The Ongoing Spider Saga
Lest I continue to create any more confusion, um, I am not a derby player. Sad! I know! It would be so cool, but I am not. I am, however, a spectator who is considering maybe eventually learning to skate well and try out for derby. So, um, when I say “our” team, I… I mean the team I cheer for. Because I know one of the players. Not that I play derby because I don’t.
Now that I have gotten that embarrassing confession out of the way, I shall delve into the spider saga. It is pretty well documented that I hate spiders. A lot. I claim I have arachnophobia, but I don’t do the hysterical screaming and crying and trying to hide under chairs at the sight of one, I just get really scared and run away and get someone else to kill it because IT IS INVADING MY PLACE OF RESIDENCE PLEASE HELP.

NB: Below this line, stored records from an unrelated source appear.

ghost use Rattle.std.specs.Prelude.{◌≡◌, ◌<◌, List, [], ◌∷◌, ◌++◌, reverse, count_by, vec_len, IfOk, OnOk, IfSome, IfNone};
ghost use Rattle.std.specs.Option.{option_map};
ghost use Rattle.filter_texts.specs.declared.choice.Step.{Step as StepValue};
ghost use Rattle.filter_texts.specs.Tokens.{value_in};
ghost use Rattle.filter_texts.specs.Reading.{behind, start, is_nested, due, ended, nested};
ghost use Rattle.filter_texts.specs.Reading.{comparison_in, joiner_in, closed, advance, read_tokens};
ghost use Rattle.filter_texts.specs.Reading.{at_factor, at_comparison, at_value, at_behind};
ghost use Rattle.filter_texts.specs.Views.{token_of, state_of, Takes, Reads};

use crate::choice::{Choice, ChoiceFault, Comparison, Step, Test};
use crate::token::Token;
use size_values::{NoMemory, Or, Text};
use std::alloc::Global;

/// How deep `not` and parentheses nest at most.
const MOST_NESTED: usize = 64;

/// What a factor lies in: an open parenthesis, or a step that waits for the end of the factor.
#[derive(Clone, Copy)]
pub(crate) enum Frame {
    Opening,
    Not,
    And,
    Or,
}

/// What the next token is to be.
#[derive(Clone, Copy)]
pub(crate) enum Stage<'a> {
    /// The first of a factor.
    Factor,
    /// `eq` or `ne`, behind this field.
    Comparison(&'a str),
    /// A value that this field is compared with.
    Value(&'a str, Comparison),
    /// What may stand behind a factor: `and`, `or` or a closing parenthesis.
    Behind,
}

/// A filter as far as its tokens have been read.
#[derive(Drop)]
pub(crate) struct Reader<'a> {
    /// The outermost first.
    frames: Vec<Frame>,
    stage: Stage<'a>,
    steps: Vec<Step>,
}

impl<'a> Reader<'a> {
    /// Nothing has been read.
    pub(crate) fn new(alloc: Global) -> Reader<'a>
        ensures { state_of result ≡ start }
    {
        Reader {
            frames: Vec::new(alloc),
            stage: Stage::Factor,
            steps: Vec::new(alloc),
        }
    }

    /// Reads the next token, which begins at this place.
    #[tactic(auto, unfolding(crate::specs::Reading::advance))]
    pub(crate) fn take(
        &mut self,
        alloc: Global,
        token: Token<'a>,
        place: u64,
    ) -> Result<(), Or<ChoiceFault>>
        ensures { Takes (advance (state_of self.old) (token_of token.entry)) place (state_of self.new) result }
    {
        match self.stage {
            Stage::Factor => self.take_factor(token, place),
            Stage::Comparison(field) => self.take_comparison(field, token, place),
            Stage::Value(field, comparison) => {
                self.take_value(alloc, field, comparison, token, place)
            }
            Stage::Behind => self.take_behind(token, place),
        }
    }

    /// The whole filter, where the text may end here.
    #[tactic(auto, unfolding(crate::specs::Reading::read_tokens))]
    pub(crate) fn finish(self, end: u64) -> Result<Choice, Or<ChoiceFault>>
        ensures { Reads (read_tokens end (state_of self.entry) []) result }
    {
        let Stage::Behind = self.stage else {
            return Err(unfit(end));
        };
        if !self.frames.is_empty() {
            return Err(unfit(end));
        }
        Ok(Choice::of(self.steps))
    }

    /// Reads the first token of a factor.
    fn take_factor(&mut self, token: Token<'a>, place: u64) -> Result<(), Or<ChoiceFault>>
        ensures { Takes (at_factor (state_of self.old) (token_of token.entry)) place (state_of self.new) result }
    {
        match token {
            Token::Opening => self.nest(Frame::Opening, place),
            Token::Word(word) => {
                if word == "not" {
                    return self.nest(Frame::Not, place);
                }
                self.stage = Stage::Comparison(word);
                Ok(())
            }
            _ => Err(unfit(place)),
        }
    }

    /// Goes one deeper.
    #[tactic(auto, using(crate::proofs::Frames::depth_turned))]
    fn nest(&mut self, frame: Frame, place: u64) -> Result<(), Or<ChoiceFault>>
        ensures { Takes (nested frame (state_of self.old)) place (state_of self.new) result }
    {
        if nested_in(&self.frames) >= MOST_NESTED {
            return Err(unfit(place));
        }
        self.frames.push(frame)?;
        Ok(())
    }

    /// Reads how a field is compared.
    fn take_comparison(
        &mut self,
        field: &'a str,
        token: Token<'a>,
        place: u64,
    ) -> Result<(), Or<ChoiceFault>>
        ensures { Takes (at_comparison field.now (state_of self.old) (token_of token.entry)) place (state_of self.new) result }
    {
        let Token::Word(word) = token else {
            return Err(unfit(place));
        };
        let Some(comparison) = comparison_in(word) else {
            return Err(unfit(place));
        };
        self.stage = Stage::Value(field, comparison);
        Ok(())
    }

    /// Reads the value that a field is compared with.
    fn take_value(
        &mut self,
        alloc: Global,
        field: &'a str,
        comparison: Comparison,
        token: Token<'a>,
        place: u64,
    ) -> Result<(), Or<ChoiceFault>>
        ensures { Takes (at_value field.now comparison (state_of self.old) (token_of token.entry)) place (state_of self.new) result }
    {
        let Some(value) = value_in(token) else {
            return Err(unfit(place));
        };
        let test = test_of(alloc, field, comparison, value)?;
        self.steps.push(Step::Test(test))?;
        self.end_factor()?;
        Ok(())
    }

    /// Reads what stands behind a factor.
    fn take_behind(&mut self, token: Token<'a>, place: u64) -> Result<(), Or<ChoiceFault>>
        ensures { Takes (at_behind (state_of self.old) (token_of token.entry)) place (state_of self.new) result }
    {
        match token {
            Token::Closing => self.close(place),
            Token::Word(word) => {
                let Some(joiner) = joiner_in(word) else {
                    return Err(unfit(place));
                };
                self.frames.push(joiner)?;
                self.stage = Stage::Factor;
                Ok(())
            }
            _ => Err(unfit(place)),
        }
    }

    /// Ends the filter in the parentheses that were opened last.
    fn close(&mut self, place: u64) -> Result<(), Or<ChoiceFault>>
        ensures { let s = state_of self.old in Takes (closed s.frames s.steps) place (state_of self.new) result }
    {
        match self.frames.pop() {
            Some(Frame::Opening) => {
                self.end_factor()?;
                Ok(())
            }
            _ => Err(unfit(place)),
        }
    }

    /// Ends a factor: takes the steps that waited for it.
    fn end_factor(&mut self) -> Result<(), NoMemory>
        ensures { let s = state_of self.old in OnOk result (state_of self.new ≡ ended s.frames s.steps) }
    {
        while let Some(step) = pop_due(&mut self.frames) {
            self.steps.push(step)?;
        }
        self.stage = Stage::Behind;
        Ok(())
    }
}

/// Takes out the innermost frame, where a step waits in it.
fn pop_due(frames: &mut Vec<Frame>) -> Option<Step>
    ensures some { IfSome result (λ step. (steps : List StepValue) →
        ended (reverse frames.old.items) steps ≡ ended (reverse frames.new.items) (steps ++ step ∷ [])) }
    ensures fewer { IfSome result (λ step. vec_len frames.new < vec_len frames.old) }
    ensures none { IfNone result ((steps : List StepValue) → ended (reverse frames.old.items) steps
        ≡ record { frames = reverse frames.new.items; stage = behind; steps = steps }) }
{
    let step = due(*frames.last()?)?;
    frames.pop();
    Some(step)
}

/// The step that waits in a frame for the end of a factor.
fn due(frame: Frame) -> Option<Step>
    ensures { result ≡ due frame }
{
    match frame {
        Frame::Opening => None,
        Frame::Not => Some(Step::Not),
        Frame::And => Some(Step::And),
        Frame::Or => Some(Step::Or),
    }
}

/// How deep the next factor lies.
fn nested_in(frames: &[Frame]) -> usize
    ensures { result ≡ count_by is_nested frames.now }
{
    frames.iter().filter(|frame| is_nested(**frame)).count()
}

fn is_nested(frame: Frame) -> bool
    ensures { result ≡ is_nested frame }
{
    match frame {
        Frame::Opening | Frame::Not => true,
        Frame::And | Frame::Or => false,
    }
}

/// The comparison that a word names.
fn comparison_in(word: &str) -> Option<Comparison>
    ensures { result ≡ comparison_in word.now }
{
    match word {
        "eq" => Some(Comparison::Equal),
        "ne" => Some(Comparison::Unequal),
        _ => None,
    }
}

/// The frame of a word that joins one more factor.
fn joiner_in(word: &str) -> Option<Frame>
    ensures { result ≡ joiner_in word.now }
{
    match word {
        "and" => Some(Frame::And),
        "or" => Some(Frame::Or),
        _ => None,
    }
}

/// The value that a token gives.
fn value_in(token: Token<'_>) -> Option<&str>
    ensures { option_map (λ bytes. bytes.now) result ≡ value_in (token_of token.entry) }
{
    match token {
        Token::Word(value) => Some(value),
        Token::Quoted(value) => Some(value),
        _ => None,
    }
}

/// The comparison of a field with a value.
fn test_of(
    alloc: Global,
    field: &str,
    comparison: Comparison,
    value: &str,
) -> Result<Test, NoMemory>
    ensures { IfOk result (λ test.
        test ≡ record { field = field.now; comparison = comparison; value = value.now }) }
{
    Ok(Test {
        field: Text::from_text(alloc, field)?,
        comparison,
        value: Text::from_text(alloc, value)?,
    })
}

/// No filter can have a token at this place.
fn unfit(place: u64) -> Or<ChoiceFault>
    ensures { result ≡ Or.Why (record { place = place }) }
{
    Or::Why(ChoiceFault { place })
}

Naturally, there have been several spiders that have decided to take up residence in the area directly above the front door to our building. Yes. This means that every time I want to LEAVE HOME, I have to walk under them and it is a harrowing experience. And it is less of a walk than a quick, sprinting jump through the door onto the top steps that lead down to the sidewalk. Coming back in is much more difficult because it involves attempting the quick, sprinting jump inward through the door while simultaneously unlocking said door. Of course, all of this is an effort to spend the least amount of time possible standing underneath the wretched creatures.
They are up high, and the most offensive of the bunch is probably bigger than a quarter if you laid it out flat. Its back end is as big as a peanut M&M, at least. You will not see photos, because there is nothing I hate more than being confronted with a giant spider photo on a website when that is very much the last thing I’d like to see. Also because I do not want to have to take a photo of it.
Seriously, what can I do? I am considering writing a letter to our property management company to get rid of them. I do not, however, want them to spray for spiders, because you know what that does? It brings them out in DROVES from where they have been hiding out into the open to die, and I don’t think I can handle any more dangly spiders over my front door. We did that once at the hotel I used to work at and it was horrible. We have occasionally been coming in through the back door to avoid them, and one of our friends is absolutely petrified of spiders and we have to tell them to wait outside on the sidewalk instead of being able to come in for a moment.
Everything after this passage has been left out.